The pros of SRS and SRT are primarily in the form of reduced radiation exposure to other adjacent tissues. SRS and SRT typically have sub-millimeter setup tolerances because no PTV margin for setup error is used. The extreme level of accuracy means that tumors immediately adjacent to critical structures can be treated. The high level of accuracy can also be a con, because one of the most sure ways of guaranteeing setup accuracy is to use a stereotactic frame that actually screws into the patient's skull through their skin. This is an invasive procedure, but it does allow the patient's position in space to be known with submillimeter accuracy.

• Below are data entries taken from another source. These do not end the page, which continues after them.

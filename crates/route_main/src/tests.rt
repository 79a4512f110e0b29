//! Whole runs and answers, and what the script's reading and writing does where a read or a write moves few bytes or
//! fails.

mod answers;
mod counting;
mod fakes;
mod runs;
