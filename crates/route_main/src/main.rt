//! Runs a script of routing-socket commands, and writes its transcript to standard output: `routesim [FILE]`, where the
//! script is FILE, or standard input where no FILE is named.
#![tactic(auto)]

mod program;
mod run;
#[cfg(test)]
mod tests;

use memory::Memory;
use program::{PROGRAM, run_words};
use program_ends::{end, words_of};
use std::process::ExitCode;

fn main(rt: HostRuntime) -> ExitCode {
    let mut memory = Memory::new();
    let ended = match words_of(&rt) {
        Ok(words) => run_words(&rt, words.as_slice(), &mut memory),
        Err(refusal) => Err(refusal),
    };
    end(&rt, PROGRAM, ended)
}
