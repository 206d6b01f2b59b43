//! Modules as texts.

use crate::cases::Case;
use std::alloc::{AllocError, Global};

/// A source file.
#[derive(Drop)]
pub struct Source {
    pub path: String,
    pub text: String,
}

/// A module's source files, by path.
#[derive(Drop)]
pub struct Module {
    pub sources: Vec<Source>,
}

// What stands before each module among the words.
const MODULE: &str = "--";

impl Module {
    /// A module without files.
    fn new(alloc: Global) -> Module {
        Module {
            sources: Vec::new(alloc),
        }
    }

    /// The module of a case of the table.
    pub fn from_case(alloc: Global, case: &Case) -> Result<Module, AllocError> {
        let mut sources = Vec::new(alloc);
        for (path, text) in case.sources {
            let path = String::from_str(alloc, path)?;
            let text = String::from_str(alloc, text)?;
            sources.push(Source { path, text })?;
        }
        Ok(Module { sources })
    }
}

// The source files of pairs of words.
fn sources_from(alloc: Global, words: &[String]) -> Result<Vec<Source>, AllocError> {
    let mut sources = Vec::new(alloc);
    for pair in words.chunks_exact(2) {
        let path = String::from_str(alloc, pair[0].as_str())?;
        let text = String::from_str(alloc, pair[1].as_str())?;
        sources.push(Source { path, text })?;
    }
    Ok(sources)
}

/// The modules that the words have. What stands before the first `--` is passed over.
pub fn modules_from(alloc: Global, words: &[String]) -> Result<Vec<Module>, AllocError> {
    let mut modules = Vec::new(alloc);
    for part in words.split(|word| word.as_str() == MODULE).skip(1) {
        let sources = sources_from(alloc, part)?;
        modules.push(Module { sources })?;
    }
    Ok(modules)
}
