//! Prints what the modules of a table come to: their error lines, and of their files object texts, partial texts and nodes.
//! With words it answers to other modules: see `USAGE`.
#![tactic(auto)]

mod answers;
mod cases;
mod modules;
mod nodes;

use answers::module_answer;
use anyhow::{Error, anyhow};
use cases::MODULES;
use modules::{Module, modules_from};
use std::rt::Env;
use std::{env, io};

const USAGE: &str = "\
usage: table_of_modules                     the table
       table_of_modules answers MODULE..    what each module comes to; a module is -- and then PATH TEXT for each of its
                                            files, by path";

// The words behind the program's name.
fn words<R: Env + AllocGlobal>(rt: &R) -> io::Result<Vec<String>> {
    let mut words = Vec::new(rt.alloc());
    for word in env::args(rt)?.skip(1) {
        words.push(word)?;
    }
    Ok(words)
}

// Prints what a module comes to.
fn print_module<R: Print + AllocGlobal>(rt: &R, module: &Module) -> Result<(), Error> {
    let answer = module_answer(rt.alloc(), module)?;
    print!(rt; "{answer}")?;
    Ok(())
}

// Prints the whole table.
fn print_table<R: Print + AllocGlobal>(rt: &R) -> Result<(), Error> {
    for case in &MODULES {
        println!(rt; "## {}", case.title)?;
        let module = Module::from_case(rt.alloc(), case)?;
        print_module(rt, &module)?;
    }
    Ok(())
}

// Prints what each module comes to.
fn print_answers<R: Print + AllocGlobal>(rt: &R, words: &[String]) -> Result<(), Error> {
    let modules = modules_from(rt.alloc(), words)?;
    for module in &modules {
        println!(rt; "## module")?;
        print_module(rt, module)?;
    }
    Ok(())
}

fn main(rt: HostRuntime) -> Result<(), Error> {
    let words = words(&rt)?;
    let Some((word, rest)) = words.split_first() else {
        return print_table(&rt);
    };
    match word.as_str() {
        "answers" => print_answers(&rt, rest),
        _ => Err(anyhow!("{USAGE}")),
    }
}
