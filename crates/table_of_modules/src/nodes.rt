//! The nodes of files, as they are printed.

use dep_key::{FileGraph, Key, Kind, NoMemory, Node};

fn put(out: &mut Vec<u8>, text: &str) -> Result<(), NoMemory> {
    out.extend_from_slice(text.as_bytes())?;
    Ok(())
}

// A part of a key, if there is one.
fn put_part(out: &mut Vec<u8>, part: &str) -> Result<(), NoMemory> {
    if !part.is_empty() {
        put(out, " ")?;
        put(out, part)?;
    }
    Ok(())
}

fn put_key(out: &mut Vec<u8>, head: &str, key: &Key) -> Result<(), NoMemory> {
    put(out, head)?;
    put(out, key.kind.word())?;
    put_part(out, key.context.as_str())?;
    put_part(out, key.name.as_str())?;
    if key.kind == Kind::SourceFileProvide {
        put(out, " implementation")?;
    }
    put(out, "\n")
}

// Each line of a print.
fn put_print(out: &mut Vec<u8>, print: &[u8]) -> Result<(), NoMemory> {
    if print.is_empty() {
        return Ok(());
    }
    for line in print.split(|byte| *byte == b'\n') {
        put(out, " print ")?;
        out.extend_from_slice(line)?;
        put(out, "\n")?;
    }
    Ok(())
}

fn put_node(out: &mut Vec<u8>, node: &Node) -> Result<(), NoMemory> {
    put_key(out, "node ", &node.key)?;
    put_print(out, node.print.as_slice())?;
    for key in node.uses.as_slice() {
        put_key(out, " use ", key)?;
    }
    Ok(())
}

/// The nodes of a file, with its path before them.
pub fn put_graph(out: &mut Vec<u8>, graph: &FileGraph) -> Result<(), NoMemory> {
    put(out, "# nodes ")?;
    put(out, graph.path.as_str())?;
    put(out, "\n")?;
    for node in graph.nodes.as_slice() {
        put_node(out, node)?;
    }
    Ok(())
}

Frameless options for patient setup do exist for SRS and SRT systems, and these typically involve special reinforced thermoplastic masks and advanced tracking systems that allow the patient to be be moved relative to the isocenter in submillimeter increments.

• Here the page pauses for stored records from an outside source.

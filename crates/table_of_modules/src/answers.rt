//! What modules come to, as it is printed.

use crate::modules::{Module, Source};
use crate::nodes::put_graph;
use anyhow::{Error, anyhow};
use decl_index::Index;
use dep_key::{NoMemory, Path};
use diag_text::{Diag, lines};
use frontend::{Parsed, parse};
use module_compile::{CompiledFile, FileTexts, Outcome, compile_module};
use std::alloc::Global;
use swift_ast::FileTree;

// The trees of a module's files, and the error of each file without one.
#[derive(Drop)]
struct Trees {
    errors: Vec<Diag>,
    trees: Vec<FileTree>,
}

// What is printed of a module, part by part.
#[derive(Drop)]
struct Parts {
    errors: Vec<u8>,
    objects: Vec<u8>,
    partials: Vec<u8>,
    nodes: Vec<u8>,
}

fn parsed(alloc: Global, source: &Source) -> Result<Parsed, NoMemory> {
    let path = Path::from_str(alloc, source.path.as_str())?;
    parse(alloc, path, source.text.as_bytes())
}

fn trees_of(alloc: Global, module: &Module) -> Result<Trees, NoMemory> {
    let mut errors = Vec::new(alloc);
    let mut trees = Vec::new(alloc);
    for source in &module.sources {
        match parsed(alloc, source)? {
            Parsed::Tree(tree) => trees.push(tree)?,
            Parsed::NoTree(error) => errors.push(error)?,
        }
    }
    Ok(Trees { errors, trees })
}

// Puts a part of a file's answers with its kind and path before it.
fn put_part(
    alloc: Global,
    out: &mut Vec<u8>,
    kind: &str,
    path: &str,
    text: &[u8],
) -> Result<(), NoMemory> {
    let head = format!(in alloc; "# {kind} {path}\n")?;
    out.extend_from_slice(head.as_bytes())?;
    out.extend_from_slice(text)?;
    Ok(())
}

// Puts what a compiled file comes to, and its nodes.
fn put_file(alloc: Global, parts: &mut Parts, file: &CompiledFile) -> Result<(), NoMemory> {
    let path = file.graph.path.as_str();
    match &file.outcome {
        Outcome::Errors(found) => {
            let printed = lines(alloc, found.as_slice())?;
            parts.errors.extend_from_slice(printed.as_slice())?;
        }
        Outcome::Texts(texts) => {
            let FileTexts { object, partial } = texts;
            put_part(alloc, &mut parts.objects, "object", path, object.as_slice())?;
            put_part(
                alloc,
                &mut parts.partials,
                "partial",
                path,
                partial.as_slice(),
            )?;
        }
    }
    put_graph(&mut parts.nodes, &file.graph)
}

fn parts_of(alloc: Global, index: &Index) -> Result<Parts, NoMemory> {
    let mut parts = Parts {
        errors: Vec::new(alloc),
        objects: Vec::new(alloc),
        partials: Vec::new(alloc),
        nodes: Vec::new(alloc),
    };
    for file in &compile_module(alloc, index)? {
        put_file(alloc, &mut parts, file)?;
    }
    Ok(parts)
}

// The errors of a module, its objects, its partial texts and its nodes.
fn module_text(alloc: Global, trees: Vec<FileTree>) -> Result<Vec<u8>, NoMemory> {
    let index = Index::new(alloc, trees)?;
    let parts = parts_of(alloc, &index)?;
    let mut text = parts.errors;
    text.extend_from_slice(&parts.objects)?;
    text.extend_from_slice(&parts.partials)?;
    text.extend_from_slice(&parts.nodes)?;
    Ok(text)
}

fn answer_bytes(alloc: Global, module: &Module) -> Result<Vec<u8>, NoMemory> {
    let Trees { errors, trees } = trees_of(alloc, module)?;
    if errors.is_empty() {
        module_text(alloc, trees)
    } else {
        let printed = lines(alloc, &errors)?;
        Ok(printed.into_vec())
    }
}

/// The error lines of a module, and of its files the object texts, the partial texts and the nodes.
pub fn module_answer(alloc: Global, module: &Module) -> Result<String, Error> {
    let Ok(bytes) = answer_bytes(alloc, module) else {
        return Err(anyhow!("out of memory"));
    };
    let text = String::from_utf8(bytes)?;
    Ok(text)
}
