/// An expression, where no more expressions stand one inside the other than the limit.
fn limited<A: Answers>(
    alloc: Global,
    answers: &A,
    log: &mut Log,
    scope: &Scope,
    tree: &Expr,
    limit: usize,
) -> Result<Option<Typed>, NoMemory>
    ensures { IfOk result (λ got. (got, log.new) ≡ made orders (A.meanings answers.now) ((phrases.expr_phrase tree.now).check scope.now) log.old) }
{
    Trees {
        alloc,
        answers,
        scope,
        limit,
        expr: limited,
    }
    .expr(log, tree)
}

/// Checks an expression in a scope: says its errors, notes the keys that it asks, and gives its type and code where it has no error.
pub fn check_expression<A: Answers>(
    alloc: Global,
    answers: &A,
    log: &mut Log,
    scope: &Scope,
    tree: &Expr,
) -> Result<Option<Typed>, NoMemory>
    ensures { IfOk result (λ got. (got, log.new) ≡ made orders (A.meanings answers.now) ((phrases.expr_phrase tree.now).check scope.now) log.old) }
{
    limited(alloc, answers, log, scope, tree, usize::MAX)
}

/// Checks a call statement's expression.
pub fn check_postfix<A: Answers>(
    alloc: Global,
    answers: &A,
    log: &mut Log,
    scope: &Scope,
    tree: &Postfix,
) -> Result<Option<Typed>, NoMemory>
    ensures { IfOk result (λ got. (got, log.new) ≡ made orders (A.meanings answers.now) ((phrases.postfix_phrase tree.now).check scope.now) log.old) }
{
    Trees {
        alloc,
        answers,
        scope,
        limit: usize::MAX,
        expr: limited,
    }
    .postfix(log, tree)
}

Many linacs are capable of delivering SRS and SRT treatments, but some machines are specialized for the purpose. Loyola has had a Novalis system since 2003, which is a specially designed treatment head with smaller than usual multileaf collimator (MLC) leaves, called a micro-MLC, mounted on a Varian linac. This machine has reached the end of its service life and is about to be replaced with a new Varian Edge system, which also has a micro-MLC treatment head. The Edge has the latest image guidance tools available, and it can also deliver more traditional treatments instead of being an SRS/SRT "one trick pony". This means we will have the latest SRS/SRT capabilities while also expanding capacity for traditional treatments, instead of having a specialty machine that sits idle for most of the day. GammaKnife is another treatment system that can be used to deliver SRS, but it can not deliver SRT. GammaKnife uses a constellation of cobalt-60 sources that are shielded behind banks of doors that can be selective opened and closed to provide a shot of radiation to a precisely targeted area. CyberKnife is another system that can be used for SRS, SRT, or SBRT. It uses a small linear accelerator mounted on a robotic arm that can be positioned to deliver precise treatment from any angle, not just from selected angles in a single plane. CyberKnife has real-time tracking capabilities and can follow moving targets precisely.

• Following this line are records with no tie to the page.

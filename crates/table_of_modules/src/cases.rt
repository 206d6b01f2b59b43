//! Modules that are written out: the examples of `docs/LANGUAGE.md` and `docs/OBJECTS.md`, and each kind of error line.

/// A module.
pub struct Case {
    pub title: &'static str,

    /// The path and the text of each file, by path.
    pub sources: &'static [(&'static str, &'static str)],
}

/// The modules of the table.
pub const MODULES: [Case; 57] = [
    Case {
        title: "a small project of three files",
        sources: &[
            (
                "Account.swift",
                "struct Account {\n    let owner: String\n    var balance: Money\n    var entries = 0\n}\nextension Account {\n    func after(deposit m: Money) -> Account {\n        var next = Account(owner: owner, balance: balance.plus(m))\n        next.entries = entries + 1\n        return next\n    }\n}\n",
            ),
            (
                "Bank.swift",
                "typealias Balance = Money\nlet opening: Balance = Money(cents: 100)\nfunc run() {\n    var n = 0\n    var a = Account(owner: \"Ada\", balance: opening)\n    while n < 3 {\n        a = a.after(deposit: Money(cents: n * 10))\n        n = n + 1\n    }\n    print(a.balance.cents)\n}\n",
            ),
            (
                "Money.swift",
                "/// Money in cents.\npublic struct Money {\n    public let cents: Int\n    var text: String { return sign + \"cents\" }\n    private var sign: String {\n        if cents < 0 { return \"-\" }\n        return \"\"\n    }\n    func plus(_ other: Money) -> Money {\n        return Money(cents: cents + other.cents)\n    }\n}\n",
            ),
        ],
    },
    Case {
        title: "the errors stand where b and c are checked",
        sources: &[(
            "a.swift",
            "struct S { let a: Missing }\nfunc f() -> S { return f() }\nlet b = f()\nlet c = S(a: 1)\n",
        )],
    },
    Case {
        title: "the members of an extension of what is no struct are read without a line",
        sources: &[(
            "a.swift",
            "typealias T = Int\nextension T {\n    func n() -> Missing { return other + self.x }\n}\n",
        )],
    },
    Case {
        title: "Of a root that is a member both self and the member are asked",
        sources: &[(
            "a.swift",
            "struct T { let x: Missing }\nstruct S {\n    var t: T\n    func set() { t = 1 }\n}\n",
        )],
    },
    Case {
        title: "neither can members that are named alone",
        sources: &[(
            "a.swift",
            "struct S {\nvar n: Int\nfunc up() { n = n + 1 }\n}",
        )],
    },
    Case {
        title: "Where some file has no tree, the lines of such files are all lines",
        sources: &[("a.swift", "let a = ("), ("b.swift", "let b = missing")],
    },
    Case {
        title: "d/.a.swift is plain",
        sources: &[("d/.a.swift", "let a = 1")],
    },
    Case {
        title: "In 1é the é is a bad character",
        sources: &[("a.swift", "let a = 1é")],
    },
    Case {
        title: "a comment without end is told at the start of its outermost /*",
        sources: &[("a.swift", "let a = 1 /* // /* */")],
    },
    Case {
        title: "self.a = x has an unexpected =",
        sources: &[(
            "a.swift",
            "struct S {\nvar a: Int\nfunc f() { self.a = 1 }\n}",
        )],
    },
    Case {
        title: "1(2) is a statement, and 1 a value",
        sources: &[("a.swift", "func f() { 1(2) }")],
    },
    Case {
        title: "a string with its quotes and escapes",
        sources: &[("a.swift", "let a = 1 \"\\n\"")],
    },
    Case {
        title: "a function that has itself as a type is circular",
        sources: &[("a.swift", "func f(x: f) { }")],
    },
    Case {
        title: "a type's name that means a value or a function",
        sources: &[("a.swift", "func f() { }\nlet a: f = 1")],
    },
    Case {
        title: "self stands outside of a member in an initial value of a stored property",
        sources: &[("a.swift", "struct S { let a = self }")],
    },
    Case {
        title: "a value of the type Void fits there too",
        sources: &[("a.swift", "func f() { return print(1) }")],
    },
    Case {
        title: "a global whose type is written keeps it",
        sources: &[("a.swift", "struct S { let a: Missing }\nlet g: S = 1")],
    },
    Case {
        title: "each written type but an alias's",
        sources: &[("a.swift", "struct S { let a: Missing }\ntypealias A = S")],
    },
    Case {
        title: "a call with an argument that has no type doesn't say that a value can't be called",
        sources: &[("a.swift", "func f() { 1(missing) }")],
    },
    Case {
        title: "an ambiguous member says that alone, also where self has errors",
        sources: &[(
            "a.swift",
            "struct S {\nlet a: Missing\nvar m: Int { return 1 }\nvar m: Int { return m }\n}",
        )],
    },
    Case {
        title: "where a written result means nothing, no return is told",
        sources: &[("a.swift", "func f() -> Missing { return }")],
    },
    Case {
        title: "all three of a name that is declared both to itself and for all, and in another file",
        sources: &[
            ("a.swift", "private let n = 1\nlet n = 2"),
            ("b.swift", "let n = 3"),
        ],
    },
    Case {
        title: "'print' is not a value",
        sources: &[("a.swift", "let a = print")],
    },
    Case {
        title: "an unknown part wins, so that struct S with let a: Missing and, on a line of its own, let s: S is circular",
        sources: &[("a.swift", "struct S { let a: Missing\nlet s: S }")],
    },
    Case {
        title: "typealias A = B with typealias B = A gives two lines each, at the name and at the type",
        sources: &[("a.swift", "typealias A = B\ntypealias B = A")],
    },
    Case {
        title: "A(1), where A is an alias of Int, gives 'A' is not a value",
        sources: &[("a.swift", "typealias A = Int\nlet x: Int = A(1)")],
    },
    Case {
        title: "Int(1) gives cannot find 'Int' in scope",
        sources: &[("a.swift", "let x: Int = Int(1)")],
    },
    Case {
        title: "(f)(1) reads f as a value",
        sources: &[("a.swift", "func f(_ x: Int) { }\nfunc g() { (f)(1) }")],
    },
    Case {
        title: "A type's name that means a global which is broken gives has errors where it is declared",
        sources: &[("a.swift", "let g = missing\nlet h: g = 1")],
    },
    Case {
        title: "A root that is a function, a struct or print is read as a name first, and gives is not a value",
        sources: &[(
            "a.swift",
            "struct S { }\nfunc f() {\nf = 1\nS = 1\nprint = 1\n}",
        )],
    },
    Case {
        title: "A part that can't be assigned and whose type's nominal is broken gives both lines",
        sources: &[(
            "a.swift",
            "struct S { let a: Missing }\nfunc f(s: S) {\ns = 1\n}",
        )],
    },
    Case {
        title: "Members of equal name of two structs of one name are declared again too",
        sources: &[
            ("a.swift", "struct S { let a: Int }"),
            ("b.swift", "struct S { let a: Int }"),
        ],
    },
    Case {
        title: "An extension of such a struct counts as one of what is no struct",
        sources: &[(
            "a.swift",
            "struct S { }\nstruct S { }\nextension S { func f() { missing() } }",
        )],
    },
    Case {
        title: "a call with wrong labels or a wrong number says that alone, and no conversions",
        sources: &[("a.swift", "func f(x: Int) { }\nfunc g() { f(y: true) }")],
    },
    Case {
        title: "A call with an argument that has no type says nothing else",
        sources: &[(
            "a.swift",
            "func f(x: Int, y: Int) { }\nfunc g() { f(y: true, missing) }",
        )],
    },
    Case {
        title: "a local that is declared again in its scope: the first one is what its name finds",
        sources: &[(
            "a.swift",
            "func g() {\nlet x = 1\nlet x = true\nlet y: Int = x\n}",
        )],
    },
    Case {
        title: "what print is given (B is String)",
        sources: &[("a.swift", "struct S { }\nfunc g() { print(S()) }")],
    },
    Case {
        title: "private and fileprivate: declared both to itself and for all",
        sources: &[("a.swift", "private let a = 1\nlet a = 2")],
    },
    Case {
        title: "a value above 9223372036854775807 is too wide",
        sources: &[(
            "a.swift",
            "let a = 9223372036854775807\nlet b = 9223372036854775808",
        )],
    },
    Case {
        title: "an integer that is too wide and has a letter after it is a bad number",
        sources: &[("a.swift", "let a = 9223372036854775808z")],
    },
    Case {
        title: "a string with a bad escape and no end isn't closed",
        sources: &[("a.swift", "let a = \"\\q\n")],
    },
    Case {
        title: "another escape is a bad escape, told at the \\",
        sources: &[("a.swift", "let a = \"\\q\"")],
    },
    Case {
        title: "the end of the file where a token is still owed, told behind the last byte",
        sources: &[("a.swift", "let a = \n")],
    },
    Case {
        title: "the first bracket that opens level 101, whichever comes first",
        sources: &[(
            "a.swift",
            "let a = ((((((((((((((((((((((((((((((((((((((((((((((((((((((((((((((((((((((((((((((((((((((((((((((((((((()",
        )],
    },
    Case {
        title: "and the unexpected token where both are one",
        sources: &[(
            "a.swift",
            "func f() { return ((((((((((((((((((((((((((((((((((((((((((((((((((((((((((((((((((((((((((((((((((((((((((((((((((x \n()",
        )],
    },
    Case {
        title: "names and types that nothing has",
        sources: &[("a.swift", "let a = b\nlet c: D = 1\n")],
    },
    Case {
        title: "two declarations of one name, and a use",
        sources: &[
            ("a.swift", "let a = 1\n"),
            ("b.swift", "let a = true\nlet b = a\n"),
        ],
    },
    Case {
        title: "circles of globals, members and structs",
        sources: &[(
            "a.swift",
            "let a = b\nlet b = a + missing\nstruct S { let t: T }\nstruct T { let s: S\nlet u: U }\nstruct U {\n    let m = n\n    let k = 1\n}\nlet n = U().m\n",
        )],
    },
    Case {
        title: "members",
        sources: &[
            (
                "a.swift",
                "struct P { var x: Int\nlet y: Int\nprivate let z = 1 }\nfunc f(p: P) -> Int {\n    var q = p\n    q.x = 3\n    q.y = 4\n    p.x = 5\n    q.w = 6\n    return q.z + q.w + p.y\n}\n",
            ),
            ("b.swift", "func g(p: P) -> Int { return p.z }\n"),
        ],
    },
    Case {
        title: "operators",
        sources: &[(
            "a.swift",
            "let a = 1 + true\nlet b = -\"x\"\nlet c = !1\nlet d = \"a\" < \"b\" && 1 == true\nlet e = 1 + \"x\" * 2\n",
        )],
    },
    Case {
        title: "conversions",
        sources: &[(
            "a.swift",
            "let a: Int = true\nfunc f(_ x: Int, y: String) -> Bool {\n    if x { return y }\n    while y { f(y, y: x) }\n    var z: Bool = 1\n    z = x\n    return true\n}\n",
        )],
    },
    Case {
        title: "returns",
        sources: &[(
            "a.swift",
            "func f() -> Int { }\nfunc g() -> Bool {\n    if true { return true } else if false { return false }\n}\nfunc h() -> Int { return }\nfunc i() { return 1 }\nstruct S { var p: Int { while true { return 1 } } }\nfunc j(n: Int) -> Int {\n    if n == 1 { return 1 } else { return 2 }\n}\n",
        )],
    },
    Case {
        title: "calls",
        sources: &[(
            "a.swift",
            "func f(a: Int, _ b: Int) -> Int { return a }\nlet x = f(1, 2)\nlet y = f(a: 1)\nlet z = f(a: 1, 2)(3)\nlet s = S(n: 1)\nlet t = S(1)\nstruct S { let n: Int\nlet m = 2\nfunc go() { } }\nfunc g() { s.go()\ns.go(1)\ns.n()\nprint(1)\nprint(true, 1)\nx() }\n",
        )],
    },
    Case {
        title: "a struct that is too large",
        sources: &[(
            "a.swift",
            "struct A0 { let a: Int\nlet b: Int }\nstruct A1 { let a: A0\nlet b: A0 }\nstruct A2 { let a: A1\nlet b: A1 }\nstruct A3 { let a: A2\nlet b: A2 }\nstruct A4 { let a: A3\nlet b: A3 }\nstruct A5 { let a: A4\nlet b: A4 }\nstruct A6 { let a: A5\nlet b: A5 }\nstruct A7 { let a: A6\nlet b: A6 }\nstruct A8 { let a: A7\nlet b: A7 }\nstruct A9 { let a: A8\nlet b: A8 }\nstruct A10 { let a: A9\nlet b: A9 }\nstruct A11 { let a: A10\nlet b: A10 }\nstruct A12 { let a: A11\nlet b: A11 }\nstruct A13 { let a: A12\nlet b: A12 }\nstruct A14 { let a: A13\nlet b: A13 }\nstruct A15 { let a: A14\nlet b: A14 }\nstruct A16 { let a: A15\nlet b: A15 }\nstruct A17 { let a: A16\nlet b: A16 }\nstruct A18 { let a: A17\nlet b: A17 }\nstruct A19 { let a: A18\nlet b: A18 }\nstruct A20 { let a: A19\nlet b: A19 }\n",
        )],
    },
    Case {
        title: "every statement",
        sources: &[(
            "a.swift",
            "var total = 0\nfunc run(n: Int) -> String {\n    let first = n * 2\n    var last: Int = first % 3\n    if first > last && n != 0 {\n        last = last - 1\n    } else if n == 0 || first <= 3 {\n        total = total + 1\n    } else {\n        print(\"odd\")\n    }\n    while last < 10 {\n        let first = last\n        last = first + 1\n    }\n    if !(last >= 10) { return \"less\" }\n    return \"done\" + \"!\"\n}\n",
        )],
    },
    Case {
        title: "structs, extensions and a private name in two files",
        sources: &[
            (
                "a.swift",
                "private let n = 1\nstruct S {\n    let a: Int\n    var s = \"x\"\n    private let b = true\n}\n",
            ),
            (
                "b.swift",
                "private let n = \"b\"\nextension S {\n    var twice: Int { return a * 2 }\n    func named(_ t: String) -> S { return S(a: twice, s: t + s + n, b: false) }\n}\n",
            ),
        ],
    },
    Case {
        title: "a name that is private in a struct, outside of its file",
        sources: &[
            ("a.swift", "struct S { private let b = true }\n"),
            ("b.swift", "let s = S()\nlet b = s.b\n"),
        ],
    },
];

Tomotherapy and particle therapy (in particular proton therapy) are other forms of precisely targeted treatment, but these do not have the same level of setup accuracy that would be needed for true SRS/SRT. During my time at Seattle Cancer Care Alliance Proton Therapy - A ProCure Center, I helped prepare many patients for intracranial proton planning. Our neurooncologist, Dr. Jason Rockhill, splits his patient load between the proton center and a GammaKnife center based on the size of the lesions and the precision needed for treatment. GammaKnife is used for small, regularly shaped lesions that require extreme precision, and the Bragg peak of proton therapy is used to high advantage with moderate to large sized lesions, where the lack of exit dose prevents the whole brain from receiving a low dose bath. The Bragg peak of a proton beam can also allow retreatment in some areas if the most logical photon path to the tumor has already received a high dose and a new path that might point directly at a critical organ at risk must be used. The Bragg peak will ensure that the beam stops before it reaches the organ at risk.
- Solberg TD, Siddon RL, Kavanagh B. Historical development of stereotactic ablative radiotherapy. Stereotactic Body Radiation Therapy. Berlin: Springer; 2012:9-35.